The team of researchers led by Slack and Diard therefore extended its previous two-pronged approach with a third component known as bacteriophages (or simply phages). These are viruses that specifically infect and kill bacteria.
However, the bacteria can make changes to themselves in order to evade the danger posed by these viruses. The phages attack the bacteria by docking to the protective layer, and the bacteria seek to prevent this by undergoing a sort of rapid evolution in which this layer is disposed of. Rapid in this case means that, since the bacteria are so numerous and multiply so quickly, they need fewer than 24 hours to adapt.
“This is essentially a resistance mechanism that the bacteria deploy against the phages,” says Slack. “We use this mechanism to our advantage: the antibodies formed by the oral vaccination are effective against K1 bacteria that no longer have their protective coating.”
Most young animals protected
The project involved searching for effective strains of phages. Scientists generally find phages in places that are home to lots of bacteria: nutrient-rich bodies of water, the intestinal flora or, very often, waste water and waste water treatment plants. When it comes to the phages used in this study, the researchers from the Biozentrum in Basel found what they were looking for in waste water samples from the treatment plant of the Lucerne conurbation. From such a sample, their lab work successfully isolated several phages that are particularly effective at attacking the bacterium E. coli K1.

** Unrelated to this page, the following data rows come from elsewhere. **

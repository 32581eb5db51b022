// The numbers that addresses are made of.

ghost use Rattle.std.specs.Prelude.{◌≡◌, ◌*◌, ◌^◌, ◌<◌, ◌≤◌, IfSome, option_and_then};
ghost use Rattle.da_base.specs.Words.{pieces};
ghost use Rattle.da_nets.specs.Addresses.{hex_value, group, read_each};
ghost use Rattle.da_nets.specs.Forms.{base, most, separator, part, few};

use da_tabline::decimal_number;

/// How the parts of an address are written.
#[derive(Clone, Copy, Drop)]
pub(crate) enum Form {
    /// Numbers up to 255, with dots between them.
    Dotted,
    /// Groups of hexadecimal digits, with colons between them.
    Grouped,
}

/// Some parts of an address, the first the highest.
#[derive(Clone, Copy, Drop)]
pub(crate) struct Parts {
    pub(crate) value: u128,
    pub(crate) count: u32,
}

fn hex_value(byte: u8) -> Option<u8>
    ensures value { result ≡ hex_value byte }
    ensures small { IfSome result (λ digit. digit < 16) }
{
    match byte {
        b'0'..=b'9' => Some(byte - b'0'),
        b'a'..=b'f' => Some(byte - b'a' + 10),
        b'A'..=b'F' => Some(byte - b'A' + 10),
        _ => None,
    }
}

fn read_group(text: &[u8]) -> Option<u16>
    ensures { result ≡ group text.now }
{
    if text.is_empty() || text.len() > 4 {
        return None;
    }
    let mut value: u16 = 0;
    for byte in text {
        let digit = hex_value(*byte)?;
        value = 16 * value + u16::from(digit);
    }
    Some(value)
}

impl Form {
    fn separator(self) -> u8
        ensures { result ≡ separator self }
    {
        match self {
            Form::Dotted => b'.',
            Form::Grouped => b':',
        }
    }

    fn base(self) -> u128
        ensures { result ≡ base self }
    {
        match self {
            Form::Dotted => 256,
            Form::Grouped => 65536,
        }
    }

    fn most(self) -> u32
        ensures { result ≡ most self }
    {
        match self {
            Form::Dotted => 4,
            Form::Grouped => 8,
        }
    }

    fn part(self, text: &[u8]) -> Option<u128>
        ensures value { result ≡ part self text.now }
        ensures small { IfSome result (λ n. n < base self) }
    {
        match self {
            Form::Dotted => Some(u128::from(decimal_number(text, 255)?)),
            Form::Grouped => Some(u128::from(read_group(text)?)),
        }
    }
}

/// The parts of the text. `None` where one of them can't be read, or there are more than an address has.
pub(crate) fn read_parts(form: Form, text: &[u8]) -> Option<Parts>
    ensures value { result ≡ option_and_then (few form) (read_each (part form) (pieces (separator form) text.now)) }
    ensures small { IfSome result (λ parts. parts.value < base form ^ parts.count) }
    ensures count { IfSome result (λ parts. parts.count ≤ most form) }
{
    let separator = form.separator();
    let mut value = 0;
    let mut count = 0;
    for piece in text.split(|byte| *byte == separator) {
        let part = form.part(piece)?;
        if count == form.most() {
            return None;
        }
        value = form.base() * value + part;
        count += 1;
    }
    Some(Parts { value, count })
}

In experiments with pregnant mice, which the researchers had previously infected with pathogenic E. coli K1, they were able to demonstrate the effectiveness of their triple-pronged treatment. The researchers first gave the mice phages that forced the bacteria to cast off their protective shell. Second, they administered an oral vaccination that produced antibodies in the intestine in order to weaken the bacteria. Third, they gave them a harmless probiotic bacterium that could compete against the weakened bacteria and occupy their ecological niche in the intestine.
In a control experiment in which the researchers did not treat the mothers, E. coli K1 was transmitted to 83% of young animals at birth. By contrast, the triple-pronged treatment significantly reduced the level of E. coli K1 in the mothers’ intestines, such that the pathogen was only transmitted to 23% of the young animals. The remaining offspring were protected.
Works even when antibiotics fail
The researchers are now keen to continue with their approach in order to develop a treatment for humans. In a world in which effective antibiotics are becoming increasingly scarce, we need new therapeutic approaches, says Slack. “Bacteria such as E. coli K1 are difficult to tackle. Our approach is potentially the only one that can be used to fight this pathogen and others without antibiotics.”
Not only can E. coli K1 cause cases of meningitis in newborns, which today must be treated with antibiotics in a race against time. It is also one of the most frequent causes of cystitis and pyelitis – infections that can also lead to serious cases of sepsis.
The ETH professor doesn’t perceive any major obstacles to developing an effective treatment for humans: “Oral vaccinations, probiotics and even phages are all already used in medicine,” she says. It will also be possible, she adds, to pack all three components into a single capsule that people can simply swallow.
Moreover, the scientists are planning projects in which they want to use the same approach to tackle bacteria other than E. coli K1, including multi-resistant pathogens, against which many antibiotics are no longer effective.